Investment Strategy Letter: April 2020
. The Covid-19 pandemic is an unprecedented health disaster in this past century. The peak was passed in Asia and is likely to be reached imminently in Europe. Nevertheless, it remains remote and unpredictable in the United States, the next hotspot of the epidemic.
. We have entered a global recession, and it is deeper than every single recession since World War II. Economic stimulus policies have been implemented quickly and massively, and all monetary and fiscal policy tools are being used.
. We expect a U-shaped scenario for the economy, interest rates and equity markets. Volatility remains high and the short term remains uncertain. Current stock market levels offer investors an opportunity to reinforce positions with a medium- to long-term perspective.
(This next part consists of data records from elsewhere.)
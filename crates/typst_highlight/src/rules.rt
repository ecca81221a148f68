//! What the tags of nodes depend on.

ghost use Rattle.std.specs.Prelude.{◌≡◌, ◌<◌, ◌||◌};
ghost use Rattle.typst_kinds.specs.Kinds.{is_trivia, is_error};
ghost use Rattle.typst_kinds.specs.Members.{place_of};
ghost use Rattle.typst_highlight.specs.Rules as spec;

use crate::tags::Tag;
use typst_kinds::SyntaxKind;

/// What the tag of a node depends on beside its kind.
#[derive(Clone, Copy)]
pub enum Rule {
    /// Nothing: it is this one, or there is none.
    Fixed(Option<Tag>),
    /// The parent's kind, for a parenthesis.
    Paren,
    /// The parent's kind, for a star.
    Star,
    /// The parent's kind, for an underscore.
    Underscore,
    /// The parent's kind, for a slash.
    Slash,
    /// The parent's kind, for an equals sign.
    Equals,
    /// The kinds of the parent and of the next sibling, for markup.
    Term,
    /// What is around a name.
    Name,
    /// The expression after a hash.
    Expression,
}

/// What the tag of a node of each kind depends on, in the order of the kinds.
const RULES: &[Rule] = &[
    Rule::Fixed(None), // End
    Rule::Fixed(Some(Tag::Error)), // Error
    Rule::Fixed(Some(Tag::Comment)), // Shebang
    Rule::Fixed(Some(Tag::Comment)), // LineComment
    Rule::Fixed(Some(Tag::Comment)), // BlockComment
    Rule::Term, // Markup
    Rule::Fixed(None), // Text
    Rule::Fixed(None), // Space
    Rule::Fixed(Some(Tag::Escape)), // Linebreak
    Rule::Fixed(None), // Parbreak
    Rule::Fixed(Some(Tag::Escape)), // Escape
    Rule::Fixed(Some(Tag::Escape)), // Shorthand
    Rule::Fixed(None), // SmartQuote
    Rule::Fixed(Some(Tag::Strong)), // Strong
    Rule::Fixed(Some(Tag::Emph)), // Emph
    Rule::Fixed(Some(Tag::Raw)), // Raw
    Rule::Fixed(None), // RawLang
    Rule::Fixed(None), // RawDelim
    Rule::Fixed(None), // RawTrimmed
    Rule::Fixed(Some(Tag::Link)), // Link
    Rule::Fixed(Some(Tag::Label)), // Label
    Rule::Fixed(Some(Tag::Ref)), // Ref
    Rule::Fixed(None), // RefMarker
    Rule::Fixed(Some(Tag::Heading)), // Heading
    Rule::Fixed(None), // HeadingMarker
    Rule::Fixed(None), // ListItem
    Rule::Fixed(Some(Tag::ListMarker)), // ListMarker
    Rule::Fixed(None), // EnumItem
    Rule::Fixed(Some(Tag::ListMarker)), // EnumMarker
    Rule::Fixed(None), // TermItem
    Rule::Fixed(Some(Tag::ListMarker)), // TermMarker
    Rule::Fixed(None), // Equation
    Rule::Fixed(None), // Math
    Rule::Fixed(None), // MathText
    Rule::Name, // MathIdent
    Rule::Fixed(None), // MathFieldAccess
    Rule::Fixed(Some(Tag::Escape)), // MathShorthand
    Rule::Fixed(Some(Tag::MathOperator)), // MathAlignPoint
    Rule::Fixed(None), // MathCall
    Rule::Fixed(None), // MathArgs
    Rule::Fixed(None), // MathDelimited
    Rule::Fixed(None), // MathAttach
    Rule::Fixed(Some(Tag::MathOperator)), // MathPrimes
    Rule::Fixed(None), // MathFrac
    Rule::Fixed(None), // MathRoot
    Rule::Expression, // Hash
    Rule::Fixed(Some(Tag::Punctuation)), // LeftBrace
    Rule::Fixed(Some(Tag::Punctuation)), // RightBrace
    Rule::Fixed(Some(Tag::Punctuation)), // LeftBracket
    Rule::Fixed(Some(Tag::Punctuation)), // RightBracket
    Rule::Paren, // LeftParen
    Rule::Paren, // RightParen
    Rule::Fixed(Some(Tag::Punctuation)), // Comma
    Rule::Fixed(Some(Tag::Punctuation)), // Semicolon
    Rule::Fixed(Some(Tag::Punctuation)), // Colon
    Rule::Star, // Star
    Rule::Underscore, // Underscore
    Rule::Fixed(Some(Tag::MathDelimiter)), // Dollar
    Rule::Fixed(Some(Tag::Operator)), // Plus
    Rule::Fixed(Some(Tag::Operator)), // Minus
    Rule::Slash, // Slash
    Rule::Fixed(Some(Tag::MathOperator)), // Hat
    Rule::Fixed(Some(Tag::Punctuation)), // Dot
    Rule::Fixed(None), // Bang
    Rule::Equals, // Eq
    Rule::Fixed(Some(Tag::Operator)), // EqEq
    Rule::Fixed(Some(Tag::Operator)), // ExclEq
    Rule::Fixed(Some(Tag::Operator)), // Lt
    Rule::Fixed(Some(Tag::Operator)), // LtEq
    Rule::Fixed(Some(Tag::Operator)), // Gt
    Rule::Fixed(Some(Tag::Operator)), // GtEq
    Rule::Fixed(Some(Tag::Operator)), // PlusEq
    Rule::Fixed(Some(Tag::Operator)), // HyphEq
    Rule::Fixed(Some(Tag::Operator)), // StarEq
    Rule::Fixed(Some(Tag::Operator)), // SlashEq
    Rule::Fixed(Some(Tag::Operator)), // Dots
    Rule::Fixed(Some(Tag::Operator)), // Arrow
    Rule::Fixed(Some(Tag::MathOperator)), // Root
    Rule::Fixed(Some(Tag::Keyword)), // Not
    Rule::Fixed(Some(Tag::Keyword)), // And
    Rule::Fixed(Some(Tag::Keyword)), // Or
    Rule::Fixed(Some(Tag::Keyword)), // None
    Rule::Fixed(Some(Tag::Keyword)), // Auto
    Rule::Fixed(Some(Tag::Keyword)), // Let
    Rule::Fixed(Some(Tag::Keyword)), // Set
    Rule::Fixed(Some(Tag::Keyword)), // Show
    Rule::Fixed(Some(Tag::Keyword)), // Context
    Rule::Fixed(Some(Tag::Keyword)), // If
    Rule::Fixed(Some(Tag::Keyword)), // Else
    Rule::Fixed(Some(Tag::Keyword)), // For
    Rule::Fixed(Some(Tag::Keyword)), // In
    Rule::Fixed(Some(Tag::Keyword)), // While
    Rule::Fixed(Some(Tag::Keyword)), // Break
    Rule::Fixed(Some(Tag::Keyword)), // Continue
    Rule::Fixed(Some(Tag::Keyword)), // Return
    Rule::Fixed(Some(Tag::Keyword)), // Import
    Rule::Fixed(Some(Tag::Keyword)), // Include
    Rule::Fixed(Some(Tag::Keyword)), // As
    Rule::Fixed(None), // Code
    Rule::Name, // Ident
    Rule::Fixed(Some(Tag::Keyword)), // Bool
    Rule::Fixed(Some(Tag::Number)), // Int
    Rule::Fixed(Some(Tag::Number)), // Float
    Rule::Fixed(Some(Tag::Number)), // Numeric
    Rule::Fixed(Some(Tag::String)), // Str
    Rule::Fixed(None), // CodeBlock
    Rule::Fixed(None), // ContentBlock
    Rule::Fixed(None), // Parenthesized
    Rule::Fixed(None), // Array
    Rule::Fixed(None), // Dict
    Rule::Fixed(None), // Named
    Rule::Fixed(None), // Keyed
    Rule::Fixed(None), // Unary
    Rule::Fixed(None), // Binary
    Rule::Fixed(None), // FieldAccess
    Rule::Fixed(None), // FuncCall
    Rule::Fixed(None), // Args
    Rule::Fixed(None), // Spread
    Rule::Fixed(None), // Closure
    Rule::Fixed(None), // Params
    Rule::Fixed(None), // LetBinding
    Rule::Fixed(None), // SetRule
    Rule::Fixed(None), // ShowRule
    Rule::Fixed(None), // Contextual
    Rule::Fixed(None), // Conditional
    Rule::Fixed(None), // WhileLoop
    Rule::Fixed(None), // ForLoop
    Rule::Fixed(None), // ModuleImport
    Rule::Fixed(None), // ImportItems
    Rule::Fixed(None), // ImportItemPath
    Rule::Fixed(None), // RenamedImportItem
    Rule::Fixed(None), // ModuleInclude
    Rule::Fixed(None), // LoopBreak
    Rule::Fixed(None), // LoopContinue
    Rule::Fixed(None), // FuncReturn
    Rule::Fixed(None), // Destructuring
    Rule::Fixed(None), // DestructAssignment
];

/// Where a kind stands among all kinds.
#[inline(always)]
fn place(kind: SyntaxKind) -> usize
    ensures place { result ≡ place_of kind }
    ensures small { result < 137 }
{
    kind as usize
}

/// What the tag of a node of the kind depends on.
#[inline(always)]
pub fn rule_of(kind: SyntaxKind) -> Rule
    ensures { result ≡ spec.rule_of kind }
{
    RULES[place(kind)]
}

/// The tag of a parenthesis, by its parent's kind.
pub fn paren_tag(parent: Option<SyntaxKind>) -> Option<Tag>
    ensures { result ≡ spec.paren_tag parent }
{
    match parent {
        Some(SyntaxKind::Math) => Some(Tag::MathGroupingParens),
        _ => Some(Tag::Punctuation),
    }
}

/// The tag of a star, by its parent's kind.
pub fn star_tag(parent: Option<SyntaxKind>) -> Option<Tag>
    ensures { result ≡ spec.star_tag parent }
{
    match parent {
        Some(SyntaxKind::Strong) => None,
        _ => Some(Tag::Operator),
    }
}

/// The tag of an underscore, by its parent's kind.
pub fn underscore_tag(parent: Option<SyntaxKind>) -> Option<Tag>
    ensures { result ≡ spec.underscore_tag parent }
{
    match parent {
        Some(SyntaxKind::MathAttach) => Some(Tag::MathOperator),
        _ => None,
    }
}

/// The tag of a slash, by its parent's kind.
pub fn slash_tag(parent: Option<SyntaxKind>) -> Option<Tag>
    ensures { result ≡ spec.slash_tag parent }
{
    match parent {
        Some(SyntaxKind::MathFrac) => Some(Tag::MathOperator),
        _ => Some(Tag::Operator),
    }
}

/// The tag of an equals sign, by its parent's kind.
pub fn equals_tag(parent: Option<SyntaxKind>) -> Option<Tag>
    ensures { result ≡ spec.equals_tag parent }
{
    match parent {
        Some(SyntaxKind::Heading) => None,
        _ => Some(Tag::Operator),
    }
}

/// The tag of markup, by the kinds of its parent and of its next sibling.
pub fn term_tag(parent: Option<SyntaxKind>, next: Option<SyntaxKind>) -> Option<Tag>
    ensures { result ≡ spec.term_tag parent next }
{
    match parent {
        Some(SyntaxKind::TermItem) => colon_tag(next),
        _ => None,
    }
}

/// The tag of a term, by the kind of its next sibling.
fn colon_tag(next: Option<SyntaxKind>) -> Option<Tag>
    ensures { result ≡ spec.colon_tag next }
{
    match next {
        Some(SyntaxKind::Colon) => Some(Tag::ListTerm),
        _ => None,
    }
}

/// Whether the kind is that of a name.
#[inline(always)]
pub fn is_name(kind: SyntaxKind) -> bool
    ensures { result ≡ spec.is_name kind }
{
    kind == SyntaxKind::Ident || kind == SyntaxKind::MathIdent
}

/// Whether the kind is that of trivia or of an error.
#[inline(always)]
pub fn is_skipped(kind: SyntaxKind) -> bool
    ensures { result ≡ (is_trivia kind || is_error kind) }
{
    matches!(
        kind,
        SyntaxKind::Space
            | SyntaxKind::Parbreak
            | SyntaxKind::LineComment
            | SyntaxKind::BlockComment
            | SyntaxKind::Error
    )
}

/// Whether the kind is that of a field access.
#[inline(always)]
pub fn is_field_access(kind: SyntaxKind) -> bool
    ensures { result ≡ spec.is_field_access kind }
{
    matches!(kind, SyntaxKind::FieldAccess)
}

/// Whether the kind is that of a dot.
#[inline(always)]
pub fn is_dot(kind: SyntaxKind) -> bool
    ensures { result ≡ spec.is_dot kind }
{
    matches!(kind, SyntaxKind::Dot)
}

/// Whether the kind is that of a name in an equation.
#[inline(always)]
pub fn is_math_name(kind: SyntaxKind) -> bool
    ensures { result ≡ spec.is_math_name kind }
{
    matches!(kind, SyntaxKind::MathIdent)
}

/// Whether there is a kind, and it is that of a show rule.
#[inline(always)]
pub fn is_show_rule(kind: Option<SyntaxKind>) -> bool
    ensures { result ≡ spec.is_show_rule kind }
{
    matches!(kind, Some(SyntaxKind::ShowRule))
}

/// Whether there is a kind, and it is that of a colon.
#[inline(always)]
pub fn is_colon(kind: Option<SyntaxKind>) -> bool
    ensures { result ≡ spec.is_colon kind }
{
    matches!(kind, Some(SyntaxKind::Colon))
}

/// Whether there is a kind, and it is that of a hash.
#[inline(always)]
pub fn is_hash(kind: Option<SyntaxKind>) -> bool
    ensures { result ≡ spec.is_hash kind }
{
    matches!(kind, Some(SyntaxKind::Hash))
}

/// Whether a parenthesis under a parent of the kind begins what a function is called with.
#[inline(always)]
pub fn is_arguments(parent: Option<SyntaxKind>) -> bool
    ensures { result ≡ spec.is_arguments parent }
{
    matches!(
        parent,
        Some(SyntaxKind::Args | SyntaxKind::MathArgs | SyntaxKind::Params)
    )
}

/// Whether a bracket under a parent of the kind begins what a function is called with.
#[inline(always)]
pub fn is_content(parent: Option<SyntaxKind>) -> bool
    ensures { result ≡ spec.is_content parent }
{
    matches!(parent, Some(SyntaxKind::ContentBlock))
}

/// Whether a leaf begins what a function is called with, by its kind and its parent's.
#[inline(always)]
pub fn begins_arguments(kind: SyntaxKind, parent: Option<SyntaxKind>) -> bool
    ensures { result ≡ spec.begins_arguments kind parent }
{
    match kind {
        SyntaxKind::LeftParen => is_arguments(parent),
        SyntaxKind::LeftBracket => is_content(parent),
        _ => false,
    }
}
During the month of March, the general environment was completely transformed. The Covid-19 epidemic, first a local problem in Asia, and then in Italy, Iran etc., turned into a global pandemic. At the time of writing, this major health shock counted 1.4 million confirmed cases of infection, 82,000 deaths with more than 4 billion people locked down around the world. The economic impact is an immediate and deep recession. The consequences on financial markets have been a crash in equity markets, a flight to quality (along with a fall in interest rates), a strengthening of safe-haven currencies (dollar, Swiss franc, yen) and a rebound in gold. As the month of April begins, the markets are somewhat calm. What is our analysis of this unprecedented situation?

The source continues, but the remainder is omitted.